Items from a data source
▬▬▬

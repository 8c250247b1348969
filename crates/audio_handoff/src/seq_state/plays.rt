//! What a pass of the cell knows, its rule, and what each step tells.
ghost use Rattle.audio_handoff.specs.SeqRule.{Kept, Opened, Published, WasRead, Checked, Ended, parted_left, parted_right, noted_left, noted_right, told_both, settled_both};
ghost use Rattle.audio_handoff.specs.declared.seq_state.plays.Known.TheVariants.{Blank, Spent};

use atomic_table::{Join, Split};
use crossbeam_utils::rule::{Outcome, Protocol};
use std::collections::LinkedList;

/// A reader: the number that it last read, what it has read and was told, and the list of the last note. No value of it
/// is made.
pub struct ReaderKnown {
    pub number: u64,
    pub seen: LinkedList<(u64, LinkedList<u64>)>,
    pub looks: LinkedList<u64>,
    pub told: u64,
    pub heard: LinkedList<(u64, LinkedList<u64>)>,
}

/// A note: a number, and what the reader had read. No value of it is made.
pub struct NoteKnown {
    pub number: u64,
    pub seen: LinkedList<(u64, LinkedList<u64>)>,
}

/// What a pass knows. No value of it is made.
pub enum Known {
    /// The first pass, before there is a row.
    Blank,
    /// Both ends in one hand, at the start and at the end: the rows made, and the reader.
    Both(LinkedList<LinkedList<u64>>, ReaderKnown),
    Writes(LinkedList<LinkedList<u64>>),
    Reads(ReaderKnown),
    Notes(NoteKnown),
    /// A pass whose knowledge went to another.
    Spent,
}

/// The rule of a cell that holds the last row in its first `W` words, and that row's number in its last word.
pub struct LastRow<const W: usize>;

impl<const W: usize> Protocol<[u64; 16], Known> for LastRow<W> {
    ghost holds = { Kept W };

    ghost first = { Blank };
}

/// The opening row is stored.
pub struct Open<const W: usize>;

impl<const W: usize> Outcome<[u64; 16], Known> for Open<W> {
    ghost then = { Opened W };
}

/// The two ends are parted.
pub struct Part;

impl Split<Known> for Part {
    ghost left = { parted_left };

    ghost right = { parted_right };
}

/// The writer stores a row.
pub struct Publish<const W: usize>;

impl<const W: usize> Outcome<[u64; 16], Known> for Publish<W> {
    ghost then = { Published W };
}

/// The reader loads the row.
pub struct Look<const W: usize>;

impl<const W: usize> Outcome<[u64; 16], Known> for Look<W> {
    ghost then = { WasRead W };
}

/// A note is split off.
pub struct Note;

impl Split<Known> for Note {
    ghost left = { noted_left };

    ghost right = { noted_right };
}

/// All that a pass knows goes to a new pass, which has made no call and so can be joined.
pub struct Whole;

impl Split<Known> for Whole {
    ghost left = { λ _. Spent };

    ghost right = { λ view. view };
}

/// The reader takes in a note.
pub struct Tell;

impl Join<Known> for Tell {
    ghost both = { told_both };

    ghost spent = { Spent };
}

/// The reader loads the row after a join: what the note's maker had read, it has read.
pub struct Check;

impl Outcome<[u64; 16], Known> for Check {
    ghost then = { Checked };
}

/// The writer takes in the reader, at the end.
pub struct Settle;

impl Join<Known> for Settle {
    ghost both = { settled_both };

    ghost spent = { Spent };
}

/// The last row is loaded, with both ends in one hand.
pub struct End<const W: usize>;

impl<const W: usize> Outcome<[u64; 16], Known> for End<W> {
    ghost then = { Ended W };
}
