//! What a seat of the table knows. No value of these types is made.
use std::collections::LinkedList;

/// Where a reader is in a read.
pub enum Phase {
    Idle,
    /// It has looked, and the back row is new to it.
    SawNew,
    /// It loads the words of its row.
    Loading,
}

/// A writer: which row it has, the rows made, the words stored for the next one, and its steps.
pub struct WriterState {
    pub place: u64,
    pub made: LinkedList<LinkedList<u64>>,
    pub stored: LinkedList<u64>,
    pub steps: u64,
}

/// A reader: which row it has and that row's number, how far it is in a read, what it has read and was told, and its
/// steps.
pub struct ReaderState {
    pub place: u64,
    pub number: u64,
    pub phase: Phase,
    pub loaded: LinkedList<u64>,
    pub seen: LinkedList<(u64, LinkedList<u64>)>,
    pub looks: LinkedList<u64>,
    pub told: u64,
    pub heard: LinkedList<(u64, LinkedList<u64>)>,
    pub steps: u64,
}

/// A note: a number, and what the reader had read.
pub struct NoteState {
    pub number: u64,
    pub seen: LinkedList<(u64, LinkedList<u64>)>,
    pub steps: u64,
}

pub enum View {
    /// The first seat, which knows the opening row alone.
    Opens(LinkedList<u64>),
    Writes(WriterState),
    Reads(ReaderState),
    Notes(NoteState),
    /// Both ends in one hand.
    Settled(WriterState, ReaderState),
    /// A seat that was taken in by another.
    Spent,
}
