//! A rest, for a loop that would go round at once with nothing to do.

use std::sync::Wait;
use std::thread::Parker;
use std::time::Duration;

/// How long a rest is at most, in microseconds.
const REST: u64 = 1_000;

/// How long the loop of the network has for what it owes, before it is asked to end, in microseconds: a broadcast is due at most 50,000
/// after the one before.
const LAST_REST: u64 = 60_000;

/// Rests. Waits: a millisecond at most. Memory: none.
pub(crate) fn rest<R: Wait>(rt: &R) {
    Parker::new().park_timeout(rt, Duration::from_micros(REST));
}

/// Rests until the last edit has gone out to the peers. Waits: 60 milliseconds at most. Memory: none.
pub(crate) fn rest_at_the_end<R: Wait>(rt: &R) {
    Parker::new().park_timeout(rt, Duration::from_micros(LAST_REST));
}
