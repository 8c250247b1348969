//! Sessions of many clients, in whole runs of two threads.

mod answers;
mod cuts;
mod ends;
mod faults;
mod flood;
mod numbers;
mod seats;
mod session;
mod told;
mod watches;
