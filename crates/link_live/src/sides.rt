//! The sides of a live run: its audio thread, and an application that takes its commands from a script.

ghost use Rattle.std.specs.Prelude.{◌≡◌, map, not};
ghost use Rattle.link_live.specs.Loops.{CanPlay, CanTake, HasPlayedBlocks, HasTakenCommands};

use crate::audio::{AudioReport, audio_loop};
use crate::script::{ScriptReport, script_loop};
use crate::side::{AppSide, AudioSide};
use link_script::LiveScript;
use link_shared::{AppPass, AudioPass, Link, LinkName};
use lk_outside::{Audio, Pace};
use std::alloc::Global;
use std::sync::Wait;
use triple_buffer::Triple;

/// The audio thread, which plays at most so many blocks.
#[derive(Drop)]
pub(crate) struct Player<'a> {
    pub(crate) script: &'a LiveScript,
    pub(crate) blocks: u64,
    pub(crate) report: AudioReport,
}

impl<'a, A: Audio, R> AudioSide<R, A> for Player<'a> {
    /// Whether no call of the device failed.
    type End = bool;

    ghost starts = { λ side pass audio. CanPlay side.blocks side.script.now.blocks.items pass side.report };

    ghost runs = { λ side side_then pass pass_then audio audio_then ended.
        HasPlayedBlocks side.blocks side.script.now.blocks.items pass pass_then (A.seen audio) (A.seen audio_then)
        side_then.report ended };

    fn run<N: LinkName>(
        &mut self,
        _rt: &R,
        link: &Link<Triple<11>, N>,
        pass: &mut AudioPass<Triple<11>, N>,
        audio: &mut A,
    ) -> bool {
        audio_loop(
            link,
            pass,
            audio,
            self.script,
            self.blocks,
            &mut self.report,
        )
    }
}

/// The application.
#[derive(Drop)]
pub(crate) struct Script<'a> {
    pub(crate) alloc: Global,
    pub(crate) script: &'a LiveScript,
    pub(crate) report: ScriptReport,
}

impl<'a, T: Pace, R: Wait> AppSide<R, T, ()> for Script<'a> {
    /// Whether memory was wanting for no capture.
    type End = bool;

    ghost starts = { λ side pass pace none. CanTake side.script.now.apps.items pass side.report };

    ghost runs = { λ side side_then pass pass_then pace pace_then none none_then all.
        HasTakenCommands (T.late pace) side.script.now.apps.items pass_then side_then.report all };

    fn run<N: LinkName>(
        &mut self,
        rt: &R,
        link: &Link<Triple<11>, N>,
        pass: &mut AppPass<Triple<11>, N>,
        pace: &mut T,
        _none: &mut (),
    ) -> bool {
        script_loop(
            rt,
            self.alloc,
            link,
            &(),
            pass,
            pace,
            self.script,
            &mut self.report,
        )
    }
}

▬▬▬

### TO DO:
Going over every line of the entries, tally those containing the string "Player" and report only the figure.

### TASK SOLUTION:
2